Stored items
__________

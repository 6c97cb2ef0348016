// Opening a plain index: each refusal at its edge, and what the index is then.
use super::openings::{old, open_over, refused};
use faults::{Fault, Flaw, Form};
use plain::{Plain, PlainSource};
use sets::Walking;
use std::process::Abort;

pub(crate) fn source<'a>(last: u32, bits: &'a [u8]) -> PlainSource<'a> {
    PlainSource { last, bits }
}

// Opens bits in the place of another index.
fn opens<'a>(rt: &impl Abort, last: u32, bits: &'a [u8], due: Result<(), Fault>) -> Plain<'a> {
    let old = old(rt, Plain::empty(), source(3, &[5]));
    let index = open_over(rt, old, source(last, bits), due);
    assert!(rt; due.is_err() || index.last() == last);
    index
}

#[test]
fn lengths(rt: HostRuntime) {
    let memory = [0; 8194];
    let numbers = refused(Form::Plain, Flaw::Numbers, 0);
    let length = refused(Form::Plain, Flaw::Length, 1);
    let cases = [
        (0, 0, numbers),
        (0, 1, numbers),
        (1, 0, length),
        (1, 1, Ok(())),
        (1, 2, length),
        (8, 0, length),
        (8, 1, Ok(())),
        (8, 2, length),
        (9, 1, length),
        (9, 2, Ok(())),
        (9, 3, length),
        (65535, 8191, length),
        (65535, 8192, Ok(())),
        (65535, 8193, length),
        (65536, 8192, numbers),
        (65536, 8193, numbers),
        (u32::MAX, 0, numbers),
    ];
    for (last, bytes, due) in cases {
        assert!(rt; bytes <= memory.len());
        let index = opens(&rt, last, &memory[..bytes], due);
        assert!(rt; due.is_err() || !index.holds(1));
    }
}

// Each bit of the bytes, alone: up to the last it is a bay, after it a flaw.
#[test]
fn spare_bits(rt: HostRuntime) {
    for last in 1..=16u32 {
        let bytes = last.div_ceil(8);
        for bit in 0..8 * bytes {
            let bits = (1u16 << bit).to_le_bytes();
            let due = if bit < last {
                Ok(())
            } else {
                refused(Form::Plain, Flaw::Content, 1)
            };
            let index = opens(&rt, last, &bits[..bytes as usize], due);
            assert!(rt; due.is_err() || index.holds(bit + 1));
        }
    }
}

#[test]
fn spare_bit_of_the_largest(rt: HostRuntime) {
    let mut bits = [255; 8192];
    let content = refused(Form::Plain, Flaw::Content, 1);
    let index = open_over(&rt, Plain::empty(), source(65535, &bits), content);
    assert_eq!(rt; index.last(), 1);
    bits[8191] = 127;
    let full = open_over(&rt, Plain::empty(), source(65535, &bits), Ok(()));
    assert!(rt; full.holds(65535) && !full.holds(65536));
}

#[test]
fn first_refusal_counts(rt: HostRuntime) {
    let bits = [255; 3];
    let cases = [
        (0, refused(Form::Plain, Flaw::Numbers, 0)),
        (65536, refused(Form::Plain, Flaw::Numbers, 0)),
        (9, refused(Form::Plain, Flaw::Length, 1)),
        (17, refused(Form::Plain, Flaw::Content, 1)),
        (24, Ok(())),
    ];
    for (last, due) in cases {
        opens(&rt, last, &bits, due);
    }
}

__________

Exercise requirements
Look through the entries and copy every line in which the string "HostRuntime" appears.

Task answer
fn lengths(rt: HostRuntime) {
fn spare_bits(rt: HostRuntime) {
fn spare_bit_of_the_largest(rt: HostRuntime) {
fn first_refusal_counts(rt: HostRuntime) {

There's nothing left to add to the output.